The Ebertses prefer a crossing further north. They say any crossing would be little used by any but oil traffic, since the relatively few people who live out in the Badlands take their trade and school-aged children to communities on their side of the river. (Update: Kenand Norma Eberts were exactly right about that. There is absolutely no demand for this road by anyone but the oil industry.)
The last word
Too bad Theodore Roosevelt can’t weigh in on the subject. Both an avid preservationist and colorful entrepreneur, he might provide some useful insights. (Update: In a sense, he is. His great grandson, Tweed Roosevelt, president of the Congressionally-chartered Theodore Roosevelt Association, the organization charged with preserving TR’s legacy, has mounted a national campaign to stop this madness.)
His presidency marked a vast expansion of the country’s public lands, but he always maintained that it was his cattle ranching days in the Badlands that gave him the character to become president.
He on horseback, and his cattle, crossed and recrossed the river constantly to a meadow on the Ebertses’ river bottomland and beyond. (Update: If you go there now, and hike down to the Little Missouri River, at most times of the year you can wade across the river onto the Eberts Ranch, now known as the Elkhorn Ranchlands. Or if you’re a horse rider, you can ride your own horse across. It’s okay, We own all the land. For now.)
There is little doubt he would instantly grasp the conflict between those who would preserve the land and those who would use it, both for private ranching and commercial traffic.
Perhaps the last word belongs to the Eberts. Some might question their motives, but the family says selling the land for preservation is not a scheme to make them “filthy rich” and nor did they ever anticipate being in a lawsuit with the county over a road matter.
They say they want the land – historically rich and undeniably beautiful – to be recognized and secured for what it is.
“We think it needs to be protected at all costs,” said Norma Eberts. “North Dakota has a good plan.”
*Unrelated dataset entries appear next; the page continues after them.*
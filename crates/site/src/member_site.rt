ghost use Rattle.std.specs.Prelude.{◌≡◌, ◌↔◌, ◌||◌, true, false, [], None, Some, Ok, Err, map};
ghost use Rattle.std.specs.Prelude.{is_some, Result, IfOk, IsErrOf};
ghost use Rattle.records.specs.SlotStates.{deposit_of, vote_of};
ghost use Rattle.std.specs.Option.{option_copied};
ghost use Rattle.site.specs.Contents.{deposits_of, slot_at};
ghost use Rattle.bag_check.specs.Check.{check_of};
ghost use Rattle.book.specs.OpenBooks.{HoldsText, RecoversTo};
ghost use Rattle.cell_device.specs.Memory.{fuse_of, failures_of, fuse_after_set, IsSameMedium};
ghost use Rattle.proposer.specs.VolatileStates.{VolatileState, new_volatile};
ghost use Rattle.site.specs.Answered.{IsAnswered, IsRefused};
ghost use Rattle.site.specs.Calls.{Deposits, Proposes, Recovers, Asks};
ghost use Rattle.site.specs.Calls.{reply_of, other_than, deposit_fault};
ghost use Rattle.site.specs.declared.answer.Line.TheVariants as site_lines;
ghost use Rattle.site.specs.Datagrams.{handed_out};
ghost use Rattle.book.specs.Opened.{Opens};
ghost use Rattle.site.specs.Opened.{book_of};
ghost use Rattle.site.specs.Sites.{Represents, effect};
ghost use Rattle.site.specs.inner.Begun.{next_effect};
ghost use Rattle.site.specs.inner.Concluded.{Concludes, one_datagram, all_datagrams};

use crate::answer::{Answer, Line, Outgoing, Reply};
use crate::begun_ballot::begin_ballot;
use crate::commit::commit_and_note;
use crate::datagrams::{to_all, to_one};
use crate::fault::SiteFault;
use crate::tables::Tables;
use bag_check::check;
use bag_tree::Facts;
use book::{Book, OpenFault};
use cell_device::{Cell, Fuse, MemoryCell};
use dgram::{Body, Message};
use fed_types::{BagId, Members, SiteNo, Slot};
use records::{Entry, Owner, Record};
use std::alloc::{AllocError, Global};
use std::marker::Model;

/// A site of a federation, over a cell. A clause sees an `OpenSite`.
#[derive(Drop)]
pub struct Site<C: Cell> {
    pub(crate) alloc: Global,
    pub(crate) book: Book<C>,
    pub(crate) tables: Tables,
}

impl<C: Cell> Model for Site<C> {
    ghost use Rattle.site.specs.Sites.{OpenSite, IsInOrder};

    ghost Value = { OpenSite C };

    ghost view = { λ s. record { book = s.book; tables = s.tables } };

    ghost invariant = { λ s. IsInOrder (record { book = s.book; tables = s.tables }) };
}

impl<C: Cell> Site<C> {
    /// Opens the site of this owner, from the journal in the cell. It has heard nothing yet, and
    /// has no current ballot. If it is refused, the cell is handed back.
    pub fn open(alloc: Global, cell: C, owner: Owner) -> Result<Site<C>, (C, OpenFault)>
        ensures opened { Opens C.device owner cell (book_of result) }
        ensures stands { IfOk result (λ s. Represents s new_volatile) }
    {
        let book = Book::open(alloc, cell, owner)?;
        match Tables::of(alloc, &owner, book.records()) {
            Ok(tables) => Ok(Site {
                alloc,
                book,
                tables,
            }),
            Err(_) => Err((book.close(), OpenFault::Memory)),
        }
    }

    /// Hands the cell back as it is, with no call on it.
    pub fn close(self) -> C
        ensures cell { result ≡ self.book.cell }
        ensures text { self.book.needs_opening ≡ false →
            HoldsText self.book.owner self.book.records (C.device result).image }
        ensures recovers { self.book.needs_opening ≡ false →
            RecoversTo self.book.owner self.book.records (C.device result).image }
    {
        let Site { book, .. } = self;
        book.close()
    }

    /// The site's number.
    pub fn number(&self) -> SiteNo
        ensures { result ≡ self.now.book.owner.site }
    {
        self.book.site()
    }

    /// The members of its federation.
    pub fn members(&self) -> Members
        ensures { result ≡ self.now.book.owner.members }
    {
        self.book.members()
    }

    /// The records, in order. If the site needs opening, the cell may hold one more.
    pub fn records(&self) -> &[Record]
        ensures { result.now ≡ self.now.book.records }
    {
        self.book.records()
    }

    /// Whether the device has failed since the site was opened.
    pub fn needs_opening(&self) -> bool
        ensures { result ≡ self.now.book.needs_opening }
    {
        self.book.needs_opening()
    }

    /// The slot at this place, counted from 0, among those that have a deposit on record, in the
    /// order of these records.
    pub fn deposited(&self, place: usize) -> Option<&Slot>
        ensures { option_copied result ≡ slot_at (deposits_of self.now.book.records) place }
    {
        self.tables.deposited(place)
    }

    /// What the site knows of the slot. It takes no memory.
    #[tactic(auto, unfolding(crate::specs::Calls::reply_of))]
    pub fn query(&self, slot: &Slot) -> Result<Reply, SiteFault>
        ensures reply { self.now.book.needs_opening ≡ false
            → result ≡ Ok (reply_of slot.now self.now.book.records) }
        ensures needs_open { self.now.book.needs_opening ≡ true
            → result ≡ Err SiteFault.NeedsOpen }
    {
        if self.book.needs_opening() {
            return Err(SiteFault::NeedsOpen);
        }
        Ok(match self.tables.known(slot) {
            Some(known) => Reply::Known(known),
            None => match self.tables.deposit(slot) {
                Some(own) => Reply::Pending(own),
                None => Reply::Nothing,
            },
        })
    }

    /// Asks a member for the bag that it knows. The caller ensures that it is a member.
    pub fn ask(&self, slot: &Slot, to: SiteNo) -> Result<Answer, SiteFault>
        ensures answer { self.now.book.needs_opening ≡ false → (volatile : VolatileState)
            → Represents self.now volatile
            → IsAnswered C.device self.now self.now volatile
            (effect self.now volatile (Asks slot.now to)) result }
        ensures needs_open { IsErrOf result SiteFault.NeedsOpen
            ↔ (self.now.book.needs_opening ≡ true) }
    {
        if self.book.needs_opening() {
            return Err(SiteFault::NeedsOpen);
        }
        let body = Body::Ask {
            from: self.number(),
        };
        let slot = slot.copy(self.alloc)?;
        let sends = self.send(&Message { slot, body }, to)?;
        Ok(Answer { line: None, sends })
    }

    /// Takes a tree as the slot's deposit, if it is a valid bag, and neither another deposit nor
    /// another known bag is in the way.
    pub fn deposit(&mut self, slot: &Slot, facts: &Facts) -> Result<Answer, SiteFault>
        ensures answer { self.old.book.needs_opening ≡ false → (volatile : VolatileState)
            → Represents self.old volatile
            → IsAnswered C.device self.old self.new volatile
            (effect self.old volatile (Deposits slot.now (check_of facts.now))) result }
        ensures needs_open { IsErrOf result SiteFault.NeedsOpen
            ↔ (self.old.book.needs_opening ≡ true) }
        ensures untouched { self.old.book.needs_opening ≡ true → self.new ≡ self.old }
    {
        if self.book.needs_opening() {
            return Err(SiteFault::NeedsOpen);
        }
        let bag = check(self.alloc, facts)?;
        self.register(slot, bag)
    }

    /// Proposes the slot's deposit: begins the next ballot, and asks all members to promise it. If
    /// that is refused, it takes no memory.
    pub fn propose(&mut self, slot: &Slot) -> Result<Answer, SiteFault>
        ensures answer { self.old.book.needs_opening ≡ false → (volatile : VolatileState)
            → Represents self.old volatile
            → IsAnswered C.device self.old self.new volatile
            (effect self.old volatile (Proposes slot.now)) result }
        ensures refused { self.old.book.needs_opening ≡ false → (volatile : VolatileState)
            → Represents self.old volatile
            → IsRefused (effect self.old volatile (Proposes slot.now)) result }
        ensures needs_open { IsErrOf result SiteFault.NeedsOpen
            ↔ (self.old.book.needs_opening ≡ true) }
        ensures untouched { self.old.book.needs_opening ≡ true → self.new ≡ self.old }
    {
        if self.book.needs_opening() {
            return Err(SiteFault::NeedsOpen);
        }
        if self.tables.known(slot).is_some() {
            return Err(SiteFault::AlreadyKnown);
        }
        match self.tables.deposit(slot) {
            Some(_) => self.start_ballot(slot),
            None => Err(SiteFault::NoDeposit),
        }
    }

    /// Recovers what may be chosen for the slot: if the site has a vote or a deposit, begins the
    /// next ballot, and asks all members to promise it. The rest is as after `propose`; without a
    /// deposit it proposes only a bag that promises name. A refusal takes no memory.
    pub fn recover(&mut self, slot: &Slot) -> Result<Answer, SiteFault>
        ensures answer { self.old.book.needs_opening ≡ false → (volatile : VolatileState)
            → Represents self.old volatile
            → IsAnswered C.device self.old self.new volatile
            (effect self.old volatile (Recovers slot.now)) result }
        ensures refused { self.old.book.needs_opening ≡ false → (volatile : VolatileState)
            → Represents self.old volatile
            → IsRefused (effect self.old volatile (Recovers slot.now)) result }
        ensures needs_open { IsErrOf result SiteFault.NeedsOpen
            ↔ (self.old.book.needs_opening ≡ true) }
        ensures untouched { self.old.book.needs_opening ≡ true → self.new ≡ self.old }
    {
        if self.book.needs_opening() {
            return Err(SiteFault::NeedsOpen);
        }
        if self.tables.known(slot).is_some() {
            Err(SiteFault::AlreadyKnown)
        } else if self.has_vote_or_deposit(slot) {
            self.start_ballot(slot)
        } else {
            Err(SiteFault::NothingToRecover)
        }
    }

    // Whether the site has a vote or a deposit for the slot on record.
    fn has_vote_or_deposit(&self, slot: &Slot) -> bool
        ensures { result ≡ (is_some (vote_of slot.now self.now.book.records)
            || is_some (deposit_of slot.now self.now.book.records)) }
    {
        self.tables.vote(slot).is_some() || self.tables.deposit(slot).is_some()
    }

    // Takes a valid bag as the slot's deposit.
    fn register(&mut self, slot: &Slot, bag: BagId) -> Result<Answer, SiteFault>
        requires { self.old.book.needs_opening ≡ false }
        ensures { (volatile : VolatileState) → Represents self.old volatile
            → IsAnswered C.device self.old self.new volatile
            (effect self.old volatile (Deposits slot.now (Ok bag))) result }
    {
        let own = self.tables.deposit(slot);
        if let Some(fault) = deposit_fault(bag, own, self.tables.known(slot)) {
            return Err(fault);
        }
        let line = Some(Line::Registered(bag));
        let sends = Vec::new(self.alloc);
        if own.is_some() {
            return Ok(Answer { line, sends });
        }
        let new = Record {
            slot: slot.copy(self.alloc)?,
            body: Entry::Deposit(bag),
        };
        self.commit_and_answer(new, Answer { line, sends })
    }

    // Begins the slot's next ballot, unless none is left.
    fn start_ballot(&mut self, slot: &Slot) -> Result<Answer, SiteFault>
        requires { self.old.book.needs_opening ≡ false }
        ensures answer { (volatile : VolatileState) → Represents self.old volatile
            → IsAnswered C.device self.old self.new volatile
            (next_effect self.old volatile slot.now) result }
        ensures refused { (volatile : VolatileState) → Represents self.old volatile
            → IsRefused (next_effect self.old volatile slot.now) result }
    {
        let owner = self.book.owner();
        let (new, answer) = begin_ballot(self.alloc, &owner, &mut self.tables, slot)?;
        self.commit_and_answer(new, answer)
    }

    /// Commits a record and takes note of it; then the answer is handed out.
    pub(crate) fn commit_and_answer(
        &mut self,
        new: Record,
        answer: Answer,
    ) -> Result<Answer, SiteFault>
        requires { self.old.book.needs_opening ≡ false }
        ensures { Concludes C.device self.old self.new (Some new) answer.line
            (map handed_out answer.sends.items) result }
    {
        commit_and_note(self.alloc, &mut self.book, &mut self.tables, new)?;
        Ok(answer)
    }

    /// The message as a datagram for one site.
    pub(crate) fn send(&self, message: &Message, to: SiteNo) -> Result<Vec<Outgoing>, AllocError>
        ensures { IfOk result (λ sends. map handed_out sends.items
            ≡ one_datagram self.now message.now.slot message.now.body to) }
    {
        to_one(self.alloc, self.members().federation(), message, to)
    }

    /// The message as a datagram for each member, in ascending order.
    pub(crate) fn send_to_all(&self, message: &Message) -> Result<Vec<Outgoing>, AllocError>
        ensures { IfOk result (λ sends. map handed_out sends.items
            ≡ all_datagrams self.now message.now.slot message.now.body) }
    {
        to_all(self.alloc, self.members(), message)
    }
}

impl Site<MemoryCell> {
    /// Sets the cell's fuse, or takes it away. It changes nothing else.
    pub fn set_fuse(&mut self, fuse: Option<Fuse>)
        ensures fuse { fuse_of self.new.book.cell
            ≡ fuse_after_set fuse (fuse_of self.old.book.cell) }
        ensures medium { IsSameMedium self.old.book.cell self.new.book.cell }
        ensures failures { failures_of self.new.book.cell ≡ failures_of self.old.book.cell }
        ensures records { (self.new.book.records ≡ self.old.book.records)
            × (self.new.book.needs_opening ≡ self.old.book.needs_opening)
            × (self.new.book.owner ≡ self.old.book.owner) }
        ensures tables { self.new.tables ≡ self.old.tables }
    {
        self.book.set_fuse(fuse);
    }
}

/// Nothing is said or sent.
pub(crate) fn quiet(alloc: Global) -> Answer
    ensures { (result.line ≡ None) × (result.sends.items ≡ []) }
{
    Answer {
        line: None,
        sends: Vec::new(alloc),
    }
}

/// What arrived is dropped.
pub(crate) fn dropped(alloc: Global) -> Answer
    ensures { (result.line ≡ Some site_lines.Dropped) × (result.sends.items ≡ []) }
{
    Answer {
        line: Some(Line::Dropped),
        sends: Vec::new(alloc),
    }
}

// Why a valid bag is refused, by the slot's deposit and its known bag.
fn deposit_fault(bag: BagId, own: Option<BagId>, known: Option<BagId>) -> Option<SiteFault>
    ensures { result ≡ deposit_fault (other_than bag own) (other_than bag known) }
{
    match other_than(bag, own) {
        Some(own) => Some(SiteFault::OtherDeposit(own)),
        None => Some(SiteFault::OtherKnown(other_than(bag, known)?)),
    }
}

// The bag, if there is one and it is another than this.
fn other_than(bag: BagId, other: Option<BagId>) -> Option<BagId>
    ensures { result ≡ other_than bag other }
{
    match other {
        Some(other) if other != bag => Some(other),
        _ => None,
    }
}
Final Update: Norma Eberts was right. The state did have a pretty good plan. But the Legislature shot it down. The land was eventually sold to the U.S. Forest Service and grazing continues there while the Forest Service works out a management plan for the ranch. The two immediate threats to the ranch are the nearby river crossing, referred to here, and the gravel mining operation, which has been the subject of a number of articles here. Greed seems to grow exponentially in western North Dakota these days. What will happen next is anyone’s guess. But this place is worth fighting for.